▶ [REQUIRED ACTION] Read through the records. Copy each line that has the word "FrameReader".

Stored dataset items

——————————

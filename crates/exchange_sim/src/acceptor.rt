//! The exchange's end of a session.

ghost use Rattle.std.specs.Prelude.{◌≡◌, ◌<◌, ◌++◌, [], true, false, drop, length, min, option_map, take, IfOk, IfSome, OnOk};
ghost use Rattle.fix_text.specs.Reading.{fed, next_read};
ghost use Rattle.exchange_core.specs.Exchange.{new_exchange, drop_connection};
ghost use Rattle.exchange_sim.specs.Hearing.{Hears, next_heard, one_more};

use crate::matching_engine::MatchingEngine;
use crate::plan::Plan;
use clock::Clock;
use dialect::Dialect;
use exchange_core::Exchange;
use fix_tags::Config;
use fix_text::FrameReader;
use std::alloc::{AllocError, Global};

/// The exchange's end of a session: it takes the bytes that come, in any pieces, and answers with bytes. It has one
/// connection at a time.
#[derive(Drop)]
pub struct Acceptor<D: Dialect, C: Clock> {
    alloc: Global,
    plan: Plan,
    engine: MatchingEngine<D, C>,
    reader: FrameReader,
    // The connection, from 1, and whether it is still there.
    connection: u64,
    is_connected: bool,
    // How many messages were read in all connections.
    messages: u64,
}

impl<D: Dialect, C: Clock> Acceptor<D, C> {
    /// An exchange that nobody has connected to. It takes no memory.
    pub fn new(alloc: Global, dialect: D, clock: C, config: Config, plan: Plan) -> Acceptor<D, C>
        ensures exchange { result.engine.exchange ≡ new_exchange config }
        ensures plan { (result.plan ≡ plan) × (result.engine.fill ≡ plan.fill) }
    {
        Acceptor {
            alloc,
            plan,
            engine: MatchingEngine::new(alloc, dialect, clock, config, plan.fill),
            reader: FrameReader::new(alloc),
            connection: 0,
            is_connected: false,
            messages: 0,
        }
    }

    /// The exchange as it is.
    pub fn exchange(&self) -> &Exchange
        ensures { result.now ≡ self.now.engine.exchange }
    {
        &self.engine.exchange
    }

    /// Whether there is a connection.
    pub fn is_connected(&self) -> bool
        ensures { result ≡ self.now.is_connected }
    {
        self.is_connected
    }

    /// A new connection begins. The one before it ends, if there is one.
    pub fn connect(&mut self)
        ensures exchange { self.new.engine.exchange ≡ drop_connection self.old.engine.exchange }
        ensures outbox { self.new.engine.outbox ≡ [] }
        ensures reader { self.new.reader ≡ record { rest = []; skipped = 0; garbled = 0 } }
        ensures messages { self.new.messages ≡ self.old.messages }
        ensures connection { self.new.connection ≡ one_more self.old.connection }
        ensures connected { self.new.is_connected ≡ true }
    {
        self.disconnect();
        self.connection = self.connection.saturating_add(1);
        self.is_connected = true;
    }

    /// The connection ends, if there is one. What was read in part is dropped, and so is what waits to be sent.
    pub fn disconnect(&mut self)
        ensures exchange { self.new.engine.exchange ≡ drop_connection self.old.engine.exchange }
        ensures outbox { self.new.engine.outbox ≡ [] }
        ensures reader { self.new.reader ≡ record { rest = []; skipped = 0; garbled = 0 } }
        ensures messages { self.new.messages ≡ self.old.messages }
        ensures connection { self.new.connection ≡ self.old.connection }
        ensures connected { self.new.is_connected ≡ false }
    {
        self.engine.disconnect();
        self.reader = FrameReader::new(self.alloc);
        self.is_connected = false;
    }

    /// Takes the bytes that come: each frame that they complete, in order. Where the plan cuts the connection behind
    /// one of them it ends. Where there is no connection they are dropped. Out of memory may come when some of them
    /// were taken.
    pub fn receive(&mut self, bytes: &[u8]) -> Result<(), AllocError>
        ensures dropped { self.old.is_connected ≡ false → self.new ≡ self.old }
        ensures hears { self.old.is_connected ≡ true → OnOk result (Hears
            (record {
              readers = (D.wording self.old.engine.dialect).decoding;
              fill = self.old.engine.fill;
              lose = self.old.plan.lose;
              connection = self.old.connection;
            })
            self.old.plan.cut_after
            (record {
              stream = fed self.old.reader bytes.now;
              messages = self.old.messages;
              exchange = self.old.engine.exchange;
            })
            self.new.is_connected
            (record {
              stream = self.new.reader;
              messages = self.new.messages;
              exchange = self.new.engine.exchange;
            })) }
    {
        if !self.is_connected {
            return Ok(());
        }
        match self.reader.feed(bytes) {
            Ok(()) => {}
            Err(_) => return Err(AllocError),
        }
        while let Some(number) = self.take_next()? {
            if number == self.plan.cut_after {
                self.disconnect();
                return Ok(());
            }
        }
        Ok(())
    }

    /// Takes the next frame that was read, and gives its number, if there is one. The message that the plan loses is
    /// passed over.
    fn take_next(&mut self) -> Result<Option<u64>, AllocError>
        ensures heard { OnOk result (record {
          stream = self.new.reader;
          messages = self.new.messages;
          exchange = self.new.engine.exchange;
        }
            ≡ next_heard
            (record {
              readers = (D.wording self.old.engine.dialect).decoding;
              fill = self.old.engine.fill;
              lose = self.old.plan.lose;
              connection = self.old.connection;
            })
            (record {
              stream = self.old.reader;
              messages = self.old.messages;
              exchange = self.old.engine.exchange;
            })) }
        ensures number { IfOk result (λ number.
            number ≡ option_map (λ _. self.new.messages) (next_read self.old.reader).frame) }
        ensures same { (self.new.engine.dialect ≡ self.old.engine.dialect)
            × (self.new.engine.fill ≡ self.old.engine.fill)
            × (self.new.plan ≡ self.old.plan) × (self.new.connection ≡ self.old.connection)
            × (self.new.is_connected ≡ self.old.is_connected) }
        ensures shorter { IfOk result (λ number.
            IfSome number (λ _. length self.new.reader.rest < length self.old.reader.rest)) }
    {
        match self.reader.next() {
            Ok(Some(frame)) => {
                self.messages = self.messages.saturating_add(1);
                let is_lost = self.messages == self.plan.lose;
                self.engine.take_unless(is_lost, self.connection, &frame)?;
                Ok(Some(self.messages))
            }
            Ok(None) => Ok(None),
            Err(_) => Err(AllocError),
        }
    }

    /// The bytes that wait to be sent.
    pub fn waiting(&self) -> &[u8]
        ensures { result.now ≡ self.now.engine.outbox }
    {
        self.engine.outbox.waiting()
    }

    /// Puts the first of the bytes that wait into a buffer, as many as it has room for and at most so many, and says
    /// how many. They still wait.
    pub fn copy_waiting(&self, most: usize, buf: &mut [u8]) -> usize
        ensures count { result ≡ min (min (length self.now.engine.outbox) most) (length buf.old) }
        ensures bytes { buf.new ≡ take result self.now.engine.outbox ++ drop result buf.old }
    {
        let waiting = self.waiting();
        let count = waiting.len().min(most).min(buf.len());
        buf[..count].copy_from_slice(&waiting[..count]);
        count
    }

    /// So many of the bytes that wait were sent, or all of them if fewer wait.
    pub fn pass(&mut self, count: usize)
        ensures { self.new.engine.outbox ≡ drop count self.old.engine.outbox }
    {
        self.engine.outbox.pass(count);
    }
}
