//! The ends of two workers in the wrong order.

use crate::threads::works;
use exec_collector::Accounts;
use release_lock::{Run, WrongQueue, check_queues};
use std::alloc::Global;
use std::sync::Wait;
use trial::{Floor, Order, Post, TEN, Trial, TrialFault, on_floor, sweep_of};

/// A leg for each of two venues.
const ORDERS: [Order; 2] = [TEN, Order { venue: 1, ..TEN }];

/// A leg is popped at each of two venues; then the ends stand in the wrong order.
#[derive(Drop)]
struct Swapped {
    alloc: Global,
}

impl<R: Wait> Trial<R> for Swapped {
    /// What the comparison of the queues tells.
    type End = Result<Result<(), WrongQueue>, TrialFault>;

    fn run<L: Run, M: Accounts>(
        self,
        rt: &R,
        floor: Floor<L, M>,
    ) -> Result<Result<(), WrongQueue>, TrialFault> {
        let alloc = self.alloc;
        let Floor {
            lock,
            collector,
            mut seat,
            mut posts,
        } = floor;
        for post in posts.iter() {
            lock.raise(rt, &post.drain)?;
        }
        lock.release(rt, &collector, sweep_of(alloc, &ORDERS)?, &mut seat)?;
        let mut ends = Vec::with_capacity(alloc, posts.len())?;
        posts.reverse();
        for post in posts {
            let Post { drain, seat: _ } = post;
            ends.push(works(rt, alloc, &lock, drain, 1).ok_or(TrialFault::Missing)?)?;
        }
        Ok(check_queues(lock.into_locked(), ends))
    }
}

/// What is told of the ends of two workers in the wrong order.
pub fn swapped_ends(rt: &impl Wait, alloc: Global) -> Result<Result<(), WrongQueue>, TrialFault> {
    on_floor(rt, alloc, 2, Swapped { alloc })?
}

——————————

▶ [RESPONSE AREA]
use fix_text::FrameReader;
    reader: FrameReader,
            reader: FrameReader::new(alloc),
        self.reader = FrameReader::new(self.alloc);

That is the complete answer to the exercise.